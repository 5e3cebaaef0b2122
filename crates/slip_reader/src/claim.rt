ghost use Rattle.std.specs.Prelude.{◌≡◌, ◌&&◌, false, leb, IfOk, IfErr};
ghost use Rattle.varint.specs.declared.refusal.Refusal.TheVariants.{BadSlip};
ghost use Rattle.slip_reader.specs.Claim.{claim_number};

use varint::Refusal;

// What a slip says (docs/FORMATS.md, 'The slip'), of the walks that are clear of its reasons and keep to the limit: there is none, none meets its goal, none
// meets all of its goals; or that its goal was struck off.
#[derive(Clone, Copy, Debug, PartialEq, Eq)]
pub enum Claim {
    NoWay,
    Unmet,
    Apart,
    Struck,
}

// The first number of a slip with this claim.
impl From<Claim> for u32 {
    ghost from_gives = { λ claim n. n ≡ claim_number claim };

    fn from(claim: Claim) -> u32 {
        match claim {
            Claim::NoWay => 1,
            Claim::Unmet => 2,
            Claim::Apart => 3,
            Claim::Struck => 4,
        }
    }
}

// The claim of a slip with this first number, from 1 to 4; no other number is a claim's.
impl TryFrom<u32> for Claim {
    type Error = Refusal;

    fn try_from(first: u32) -> Result<Claim, Refusal>
        ensures got { IfOk result (λ claim. claim_number claim ≡ first) }
        ensures refused { IfErr result (λ why. (why ≡ BadSlip) × ((leb 1 first && leb first 4) ≡ false)) }
    {
        match first {
            1 => Ok(Claim::NoWay),
            2 => Ok(Claim::Unmet),
            3 => Ok(Claim::Apart),
            4 => Ok(Claim::Struck),
            _ => Err(Refusal::BadSlip),
        }
    }
}
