// Why words and files give no context, and where.
ghost use Rattle.std.specs.Prelude.{◌≡◌};

use std::alloc::{AllocError, AllocFailed};
use std::{fmt, io};
use upon_data::fault::Refusal;

/// Why words and files give no context. `{}` writes it in a line.
#[derive(Drop)]
pub enum ContextFault<'a> {
    /// This word of `--set` has no `=`.
    LacksText(&'a str),
    /// This word of `--set-json` has no `=`.
    LacksValue(&'a str),
    /// Standard input is asked for twice.
    InputTwice,
    /// The file of this name could not be read, by this error of the system.
    Unreadable(&'a str, io::Error),
    /// The file of this name is not UTF-8.
    NotText(&'a str),
    /// The text of the file of this name is not of its format.
    NotOfFormat(&'a str, Refusal),
    /// The value of the file of this name is neither an object nor a list, and no key is given for it.
    NotObject(&'a str),
    /// What follows the `=` in this word of `--set-json` is no JSON.
    NotJson(&'a str, Refusal),
    /// The path in this word of `--set` or `--set-json` goes through a value that is no map.
    NotMap(&'a str),
    /// There was no memory.
    OutOfMemory,
}

impl<'a> From<AllocError> for ContextFault<'a> {
    ghost use Rattle.upon_tool_data.specs.declared.fault.ContextFault.TheVariants.{OutOfMemory};

    ghost from_gives = { λ _ fault. fault ≡ OutOfMemory };

    fn from(_: AllocError) -> ContextFault<'a> {
        ContextFault::OutOfMemory
    }
}

impl<'a, T: Drop> From<AllocFailed<T>> for ContextFault<'a> {
    ghost use Rattle.upon_tool_data.specs.declared.fault.ContextFault.TheVariants.{OutOfMemory};

    ghost from_gives = { λ _ fault. fault ≡ OutOfMemory };

    fn from(_: AllocFailed<T>) -> ContextFault<'a> {
        ContextFault::OutOfMemory
    }
}

impl fmt::Display for ContextFault<'_> {
    fn fmt<W: fmt::Write>(&self, f: &mut fmt::Formatter<W>) -> fmt::Result {
        match self {
            ContextFault::LacksText(word) => write!(f, "--set wants KEY=TEXT, not {word}"),
            ContextFault::LacksValue(word) => write!(f, "--set-json wants KEY=JSON, not {word}"),
            ContextFault::InputTwice => f.write_str("standard input can be read only once"),
            ContextFault::Unreadable(name, error) => write!(f, "cannot read {name}: {error}"),
            ContextFault::NotText(name) => write!(f, "{name} is not UTF-8"),
            ContextFault::NotOfFormat(name, refusal) => write!(f, "{name}: {refusal}"),
            ContextFault::NotObject(name) => write!(f, "{name}: neither an object nor a list"),
            ContextFault::NotJson(word, refusal) => write!(f, "--set-json {word}: {refusal}"),
            ContextFault::NotMap(word) => {
                write!(
                    f,
                    "{word}: a key before the last has a value that is no map"
                )
            }
            ContextFault::OutOfMemory => f.write_str("out of memory"),
        }
    }
}
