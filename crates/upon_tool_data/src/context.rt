// The value that a template is rendered on.
ghost use Rattle.std.specs.Prelude.{◌≡◌, IfErr, IfOk};
ghost use Rattle.upon_types.specs.View.{view};
ghost use Rattle.upon_tool_data.specs.Context.{IsContext, RefusesContext};

use crate::environment::environment;
use crate::fault::ContextFault;
use crate::files::add_files;
use crate::settings::{Writing, set_each};
use crate::words::{DataWords, format_asked};
use std::io::Read;
use upon_tool_io::sources::Sources;
use upon_types::value::Value;

/// Returns the map that the words of a call say: the environment, if it is asked for; over it the files of `--data`,
/// one after the other, of which the entries of a later one win, and which are put at their keys if these are given;
/// then the values of `--set-json`, and then those of `--set`, one after the other, each at its path. The files that
/// are read are closed, and their texts let go.
///
/// The error says which file or word gives no context. [`check`](crate::words::check) finds before anything is read
/// what is wrong with the words alone, but for values that are no JSON.
pub fn context<'a, R: Sources + AllocGlobal, I: Read>(
    rt: &R,
    words: &DataWords<'a, '_>,
    input: &mut I,
) -> Result<Value, ContextFault<'a>>
    ensures read { IfOk result
        (λ v. IsContext (R.world rt.now) words.now.env words.now.files.now words.now.format words.now.values.now
        words.now.texts.now (I.remaining input.old) (view v) (I.remaining input.new)) }
    ensures refused { IfErr result (RefusesContext (R.world rt.now)
        words.now.env words.now.files.now words.now.format words.now.values.now
        words.now.texts.now (I.remaining input.old)) }
{
    let alloc = rt.alloc();
    let mut data = environment(rt, words.env)?;
    let given = format_asked(words.format);
    add_files(rt, words.files, given, &mut data, input)?;
    set_each(alloc, Writing::Json, words.values, &mut data)?;
    set_each(alloc, Writing::Text, words.texts, &mut data)?;
    Ok(data.into_value())
}
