// Values that are set at paths: texts, and values of JSON.
ghost use Rattle.std.specs.Prelude.{◌≡◌, IfErr, IfOk, OnOk, Some};
ghost use Rattle.upon_types.specs.View.{view};
ghost use Rattle.upon_data.specs.Parts.{data_entries};
ghost use Rattle.upon_tool_data.specs.Settings.{set_each, set_one, value_written, LacksEquals, RefusesSetting, RefusesSettings, RefusesValue};

use crate::fault::ContextFault;
use crate::words::parts;
use std::alloc::Global;
use upon_data::fault::DataFault;
use upon_data::lines::json;
use upon_data::parts::{Data, PartFault};
use upon_types::value::Value;

/// How values are written.
#[derive(Clone, Copy, Debug, PartialEq, Eq, Drop)]
pub enum Writing {
    /// As texts.
    Text,
    /// As JSON.
    Json,
}

/// Sets the values of words, each `PATH=VALUE`, one after the other.
pub(crate) fn set_each<'a>(
    alloc: Global,
    writing: Writing,
    words: &[&'a str],
    data: &mut Data,
) -> Result<(), ContextFault<'a>>
    ensures set { OnOk result
        (set_each writing words.now (data_entries data.old) ≡ Some (data_entries data.new)) }
    ensures refused { IfErr result (RefusesSettings writing words.now (data_entries data.old)) }
{
    for word in words {
        set_one(alloc, writing, word, data)?;
    }
    Ok(())
}

// Sets the value of a word.
fn set_one<'a>(
    alloc: Global,
    writing: Writing,
    word: &'a str,
    data: &mut Data,
) -> Result<(), ContextFault<'a>>
    ensures set { OnOk result
        (set_one writing word.now (data_entries data.old) ≡ Some (data_entries data.new)) }
    ensures refused { IfErr result (RefusesSetting writing word.entry (data_entries data.old)) }
{
    let Some((path, text)) = parts(word) else {
        return Err(without_equals(writing, word));
    };
    let value = value_of(alloc, writing, word, text)?;
    match data.set(alloc, path, value) {
        Ok(()) => Ok(()),
        Err(PartFault::NotMap) => Err(ContextFault::NotMap(word)),
        Err(PartFault::NotObject | PartFault::OutOfMemory) => Err(ContextFault::OutOfMemory),
    }
}

// What is wrong with a word without `=`.
fn without_equals<'a>(writing: Writing, word: &'a str) -> ContextFault<'a>
    ensures { LacksEquals writing word.entry result }
{
    match writing {
        Writing::Text => ContextFault::LacksText(word),
        Writing::Json => ContextFault::LacksValue(word),
    }
}

// The value that a text in a word is.
fn value_of<'a>(
    alloc: Global,
    writing: Writing,
    word: &'a str,
    text: &str,
) -> Result<Value, ContextFault<'a>>
    ensures read { IfOk result (λ v. value_written writing text.now ≡ Some (view v)) }
    ensures refused { IfErr result (RefusesValue writing word.entry text.now) }
{
    match writing {
        Writing::Text => Ok(Value::from_text(alloc, text)?),
        Writing::Json => match json(alloc, text) {
            Ok(value) => Ok(value),
            Err(DataFault::Refused(refusal)) => Err(ContextFault::NotJson(word, refusal)),
            Err(DataFault::OutOfMemory) => Err(ContextFault::OutOfMemory),
        },
    }
}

• **What you need to do**
Find and copy each line of the listing above that holds the word "world".

• **Output of the exercise**
        (λ v. IsContext (R.world rt.now) words.now.env words.now.files.now words.now.format words.now.values.now
    ensures refused { IfErr result (RefusesContext (R.world rt.now)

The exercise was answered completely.